Readers might recall that "Attention is All You Need" proposed a Sinusoidal absolute position embedding using \sin and \cos. Wouldn’t using that directly remove the length limit? Theoretically, yes, but the problem is that there are currently no open-source models using Sinusoidal position embeddings. Do we really have to train one from scratch? That is clearly unrealistic.
Hierarchical Decomposition
Therefore, given limited resources, the most ideal solution is to find a way to extend the trained BERT position embeddings without retraining the model. Below, I present a hierarchical decomposition scheme I devised.
Specifically, assume the pre-trained absolute position embedding vectors are \boldsymbol{p}_1, \boldsymbol{p}_2, \cdots, \boldsymbol{p}_n. We hope to construct a new set of embedding vectors \boldsymbol{q}_1, \boldsymbol{q}_2, \cdots, \boldsymbol{q}_m based on these, where m > n. To this end, we set: \boldsymbol{q}_{(i-1)\times n + j} = \alpha \boldsymbol{u}_i + (1 - \alpha) \boldsymbol{u}_j \label{eq:decomposition} where \alpha \in (0, 1) and \alpha \neq 0.5 is a hyperparameter, and \boldsymbol{u}_1, \boldsymbol{u}_2, \cdots, \boldsymbol{u}_n are the "basis" for this set of position embeddings. The meaning of this representation is clear: the position (i - 1) \times n + j is hierarchically represented as (i, j), where the position embeddings corresponding to i and j are \alpha \boldsymbol{u}_i and (1 - \alpha) \boldsymbol{u}_j respectively, and the final embedding vector for (i - 1) \times n + j is the superposition of the two. The requirement \alpha \neq 0.5 is to distinguish between the two different cases (i, j) and (j, i).

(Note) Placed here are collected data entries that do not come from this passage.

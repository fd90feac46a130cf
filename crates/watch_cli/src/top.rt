//! The one call that the program makes.
ghost use Rattle.std.specs.Prelude.{◌≡◌, ◌⊎◌, ◌↔◌, [], None, Some, IsOk, IsErr, ⊤, IfOk, OnOk, IfErr, IfSome, MatchOption};
ghost use Rattle.std.specs.Io.KnownBytes.{Appends, IsAtEnd};
ghost use Rattle.flux_outside.specs.Causes.{Rose};
ghost use Rattle.flux_outside.specs.Reads.{NoEmptyPut};
ghost use Rattle.flux_outside.specs.Told.{AppendsFront};
ghost use Rattle.flux_model.specs.Limits.{IsFair};
ghost use Rattle.flux_model.specs.Verdict.{shape_of, verdict, due, Done};
ghost use Rattle.watch_cli.specs.CommandWords.{seen_shape, texts, ReadsUpdates};
ghost use Rattle.watch_cli.specs.Status.{status_text};
ghost use Rattle.watch_cli.specs.AskedByRun.{IsReadStatus, IsFileStatus, EndsAtReadFault, EndsAtFile, AskedByRun};
ghost use Rattle.watch_cli.specs.RunEnds.{KnownOrSome, verdict_of, inputs, written_of, OneRose, EndsAtFault};
ghost use Rattle.watch_cli.specs.RunEnds.{RunEndsAs, RunEndsBefore, ReadFails, StatusWhere};
ghost use Rattle.watch_cli.specs.EarlyEnds.{IsEarly};
ghost use Rattle.watch_cli.specs.Kept.{HasKept};
ghost use Rattle.watch_cli.specs.RunCosts.{RunStaysWithin};

use crate::answers::list_answers;
use crate::demo::show_demo;
use crate::save::save_graph;
use crate::status::Status;
use crate::watch::watch_updates;
use crate::words::{Shape, parse_shape};
use block_graph::BlockGraph;
use flux_model::{Ledger, Limits, Steps};
use flux_outside::{Shelf, Sink, Source};
use std::alloc::Global;
use watch_core::Session;

/// What a run hands back besides its status.
#[derive(Drop)]
pub enum Kept {
    /// Nothing is handed back.
    Nothing,
    /// The session of a watch, which stands after all lines of the updates.
    Watch(Session<BlockGraph>),
}

/// How a run ended, and what it hands back.
#[derive(Drop)]
pub struct Ended {
    pub status: Status,
    pub kept: Kept,
}

/// Does what the words of this shape ask for, and hands back what it keeps.
fn work<F: Shelf, S: Source, W: Sink, L: Ledger>(
    alloc: Global,
    limits: &Limits,
    shape: Shape<'_>,
    shelf: &mut F,
    updates: &mut S,
    out: &mut W,
    steps: &mut Steps<L>,
) -> Result<Kept, Status>
    requires { IsFair limits.now }
    ensures end { OnOk result (ReadsUpdates (seen_shape shape.entry) → IsAtEnd (S.left updates.new)) }
    ensures unread { ¬ ReadsUpdates (seen_shape shape.entry) → updates.new ≡ updates.old }
    ensures kept { IfOk result (λ kept. HasKept limits.now (F.files shelf.old) (Some (seen_shape shape.entry))
        (S.left updates.old) Status.Done kept) }
    ensures steps { OnOk result (RunStaysWithin limits.now (F.files shelf.old) (Some (seen_shape shape.entry))
        (S.left updates.old) steps.old steps.new) }
    ensures ok { OnOk result (RunEndsAs limits.now (F.files shelf.old) (Some (seen_shape shape.entry))
        (S.left updates.old) (W.taken out.old) (W.taken out.new) Done) }
    ensures front { RunEndsBefore limits.now (F.files shelf.old) (Some (seen_shape shape.entry))
        (S.left updates.old) (W.taken out.old) (W.taken out.new) }
    ensures status { IfErr result (StatusWhere
        (RunEndsAs limits.now (F.files shelf.old) (Some (seen_shape shape.entry)) (S.left updates.old) (W.taken out.old) (W.taken out.new))
        (ReadFails limits.now (F.files shelf.old) (Some (seen_shape shape.entry))
        (F.faults shelf.old) (F.faults shelf.new) (S.faults updates.old) (S.faults updates.new)
        (S.left updates.old) (S.left updates.new) (W.taken out.old) (W.taken out.new))
        (Rose (W.faults out.old) (W.faults out.new))) }
    ensures early { IfErr result IsEarly }
    ensures asked { AskedByRun limits.now (F.files shelf.old) (seen_shape shape.entry) (EndsAtReadFault result)
        (F.reads shelf.old) (F.reads shelf.new) (S.reads updates.old) (S.reads updates.new) }
    ensures untouched { (updates.new ≡ updates.old) ⊎ (¬ EndsAtFile result
        × IfSome (F.files shelf.old) (λ m. IsOk (inputs limits.now m (Some (seen_shape shape.entry))))) }
    ensures puts { NoEmptyPut (W.puts out.old) (W.puts out.new) }
{
    match shape {
        Shape::Watch { graph, patterns } => {
            let empty = BlockGraph::with_seed(alloc, limits, shelf.seed());
            let session = watch_updates(
                alloc, limits, graph, patterns, empty, shelf, updates, out, steps,
            )?;
            Ok(Kept::Watch(session))
        }
        Shape::Match { graph, patterns } => {
            let empty = BlockGraph::with_seed(alloc, limits, shelf.seed());
            list_answers(alloc, limits, graph, patterns, empty, shelf, out, steps)?;
            Ok(Kept::Nothing)
        }
        Shape::Save { graph } => {
            let empty = BlockGraph::with_seed(alloc, limits, shelf.seed());
            save_graph(alloc, limits, graph, empty, shelf, out, steps)?;
            Ok(Kept::Nothing)
        }
        Shape::Demo { number } => {
            let empty = BlockGraph::with_seed(alloc, &Limits::standard(), shelf.seed());
            show_demo(alloc, number, empty, out, steps)?;
            Ok(Kept::Nothing)
        }
    }
}

// How it ends. It is a function of its own, so that no fact is lost where the cases join.
fn judge<F: Shelf, S: Source, W: Sink, L: Ledger>(
    alloc: Global,
    words: &[String],
    limits: &Limits,
    shelf: &mut F,
    updates: &mut S,
    out: &mut W,
    steps: &mut Steps<L>,
) -> Ended
    requires { IsFair limits.now }
    ensures usage { (result.status ≡ Status.Usage) ↔ (shape_of (texts words.now) ≡ None) }
    ensures unasked { MatchOption (shape_of (texts words.now)) (Appends (W.taken out.old) (W.taken out.new) []) (λ _. ⊤) }
    ensures end { result.status ≡ Status.Done
        → IfSome (shape_of (texts words.now)) (λ shape. ReadsUpdates shape → IsAtEnd (S.left updates.new)) }
    ensures unread { MatchOption (shape_of (texts words.now)) (updates.new ≡ updates.old)
        (λ shape. ¬ ReadsUpdates shape → updates.new ≡ updates.old) }
    ensures front { RunEndsBefore limits.now (F.files shelf.old) (shape_of (texts words.now))
        (S.left updates.old) (W.taken out.old) (W.taken out.new) }
    ensures status { StatusWhere
        (RunEndsAs limits.now (F.files shelf.old) (shape_of (texts words.now)) (S.left updates.old) (W.taken out.old) (W.taken out.new))
        (ReadFails limits.now (F.files shelf.old) (shape_of (texts words.now))
        (F.faults shelf.old) (F.faults shelf.new) (S.faults updates.old) (S.faults updates.new)
        (S.left updates.old) (S.left updates.new) (W.taken out.old) (W.taken out.new))
        (Rose (W.faults out.old) (W.faults out.new)) result.status }
    ensures kept { HasKept limits.now (F.files shelf.old) (shape_of (texts words.now)) (S.left updates.old) result.status result.kept }
    ensures steps { result.status ≡ Status.Done
        → RunStaysWithin limits.now (F.files shelf.old) (shape_of (texts words.now)) (S.left updates.old) steps.old steps.new }
    ensures asked { MatchOption (shape_of (texts words.now)) (F.reads shelf.new ≡ F.reads shelf.old)
        (λ shape. AskedByRun limits.now (F.files shelf.old) shape (IsReadStatus result.status)
        (F.reads shelf.old) (F.reads shelf.new) (S.reads updates.old) (S.reads updates.new)) }
    ensures untouched { (updates.new ≡ updates.old) ⊎ (¬ IsFileStatus result.status
        × IfSome (F.files shelf.old) (λ m. IsOk (inputs limits.now m (shape_of (texts words.now))))) }
    ensures puts { NoEmptyPut (W.puts out.old) (W.puts out.new) }
{
    let Some(shape) = parse_shape(words) else {
        return Ended {
            status: Status::Usage,
            kept: Kept::Nothing,
        };
    };
    match work(alloc, limits, shape, shelf, updates, out, steps) {
        Ok(kept) => Ended {
            status: Status::Done,
            kept,
        },
        Err(status) => Ended {
            status,
            kept: Kept::Nothing,
        },
    }
}

/// Tells the status by its line, if it has one. Where that cannot be written, nothing more is said of it.
pub fn tell<E: Sink>(status: Status, err: &mut E)
    ensures told { Appends (E.taken err.old) (E.taken err.new) (status_text status)
        ⊎ (Rose (E.faults err.old) (E.faults err.new) × AppendsFront (E.taken err.old) (E.taken err.new) (status_text status)) }
    ensures puts { NoEmptyPut (E.puts err.old) (E.puts err.new) }
{
    let text = status.text();
    let bytes = text.as_bytes();
    if !bytes.is_empty() {
        let _ = err.put(bytes);
    }
}

/// Does what the words ask for. The status says how it ended, and `err` gets the line that tells it.
///
/// `watch GRAPH PATTERNS` reads the two files, takes the updates line by line, and writes the block of each line and at last the end
/// line to `out`. Each input is read in pieces of at most 64 KiB. The blocks of all whole lines of a piece are put before the next read.
///
/// `match GRAPH PATTERNS` reads the two files, and writes all embeddings and how many these are to `out`, pattern by pattern and in
/// pieces of about 64 KiB.
///
/// `save GRAPH` reads the graph file, and writes the one text of its graph to `out`, in one piece. `match` and `save` take nothing of
/// the updates.
///
/// `demo NUMBER` makes the files of the number, watches them under the standard limits, and writes the summary to `out`, in one piece. Of
/// the shelf it takes the seed alone, and nothing of the updates.
pub fn run<F: Shelf, S: Source, W: Sink, E: Sink, L: Ledger>(
    alloc: Global,
    words: &[String],
    limits: &Limits,
    shelf: &mut F,
    updates: &mut S,
    out: &mut W,
    err: &mut E,
    steps: &mut Steps<L>,
) -> Ended
    requires { IsFair limits.now }
    ensures usage { (result.status ≡ Status.Usage) ↔ (shape_of (texts words.now) ≡ None) }
    ensures unasked { MatchOption (shape_of (texts words.now)) (Appends (W.taken out.old) (W.taken out.new) []) (λ _. ⊤) }
    ensures verdict { IfSome (verdict_of result.status) (λ v. IfSome (F.files shelf.old) (λ m. KnownOrSome (S.left updates.old) (λ s.
        (verdict limits.now m (texts words.now) s ≡ v)
        × Appends (W.taken out.old) (W.taken out.new) (due limits.now m (texts words.now) s)))) }
    ensures complete { IfSome (F.files shelf.old) (λ m. KnownOrSome (S.left updates.old) (λ s.
        ¬ OneRose (shape_of (texts words.now)) (F.faults shelf.old) (F.faults shelf.new) (S.faults updates.old) (S.faults updates.new)
        → ¬ Rose (W.faults out.old) (W.faults out.new)
        → (verdict_of result.status ≡ Some (verdict limits.now m (texts words.now) s)) ⊎ (result.status ≡ Status.Memory))) }
    ensures front { IfSome (F.files shelf.old) (λ m. KnownOrSome (S.left updates.old) (λ s.
        AppendsFront (W.taken out.old) (W.taken out.new) (due limits.now m (texts words.now) s))) }
    ensures read_fault { result.status ≡ Status.ReadFault
        → OneRose (shape_of (texts words.now)) (F.faults shelf.old) (F.faults shelf.new) (S.faults updates.old) (S.faults updates.new) }
    ensures read_accepted { result.status ≡ Status.ReadFault → ¬ Rose (F.faults shelf.old) (F.faults shelf.new)
        → IfSome (F.files shelf.old) (λ m. IsOk (inputs limits.now m (shape_of (texts words.now)))) }
    ensures read_text { result.status ≡ Status.ReadFault → IfSome (F.files shelf.old) (λ m.
        EndsAtFault (S.left updates.old) (S.left updates.new)
        (written_of limits.now (inputs limits.now m (shape_of (texts words.now)))) (W.taken out.old) (W.taken out.new)) }
    ensures write_fault { result.status ≡ Status.WriteFault → Rose (W.faults out.old) (W.faults out.new) }
    ensures end { result.status ≡ Status.Done
        → IfSome (shape_of (texts words.now)) (λ shape. ReadsUpdates shape → IsAtEnd (S.left updates.new)) }
    ensures unread { MatchOption (shape_of (texts words.now)) (updates.new ≡ updates.old)
        (λ shape. ¬ ReadsUpdates shape → updates.new ≡ updates.old) }
    ensures kept { HasKept limits.now (F.files shelf.old) (shape_of (texts words.now)) (S.left updates.old) result.status result.kept }
    ensures steps { result.status ≡ Status.Done
        → RunStaysWithin limits.now (F.files shelf.old) (shape_of (texts words.now)) (S.left updates.old) steps.old steps.new }
    ensures told { Appends (E.taken err.old) (E.taken err.new) (status_text result.status)
        ⊎ (Rose (E.faults err.old) (E.faults err.new) × AppendsFront (E.taken err.old) (E.taken err.new) (status_text result.status)) }
    ensures asked { MatchOption (shape_of (texts words.now)) (F.reads shelf.new ≡ F.reads shelf.old)
        (λ shape. AskedByRun limits.now (F.files shelf.old) shape (result.status ≡ Status.ReadFault)
        (F.reads shelf.old) (F.reads shelf.new) (S.reads updates.old) (S.reads updates.new)) }
    ensures untouched { IsFileStatus result.status → updates.new ≡ updates.old }
    ensures unaccepted { IfSome (F.files shelf.old) (λ m.
        IsErr (inputs limits.now m (shape_of (texts words.now))) → updates.new ≡ updates.old) }
    ensures puts { NoEmptyPut (W.puts out.old) (W.puts out.new) × NoEmptyPut (E.puts err.old) (E.puts err.new) }
{
    let ended = judge(alloc, words, limits, shelf, updates, out, steps);
    tell(ended.status, err);
    ended
}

We want the position vectors to remain the same as the original ones when the index does not exceed n, so as to be compatible with the pre-trained model. In other words, we want \boldsymbol{q}_1 = \boldsymbol{p}_1, \boldsymbol{q}_2 = \boldsymbol{p}_2, \cdots, \boldsymbol{q}_n = \boldsymbol{p}_n. From this, we can derive each \boldsymbol{u}_i: \boldsymbol{u}_i = \frac{\boldsymbol{p}_i - \alpha\boldsymbol{p}_1}{1 - \alpha}, \quad i = 1, 2, \cdots, n In this way, our parameters are still \boldsymbol{p}_1, \boldsymbol{p}_2, \cdots, \boldsymbol{p}_n, but we can represent embeddings for n^2 positions, and the first n position embeddings are compatible with the original model.
Self-Analysis
In fact, after understanding it, readers might feel that this decomposition doesn’t have much technical depth—it’s just a result of pure intuition. And indeed, it is.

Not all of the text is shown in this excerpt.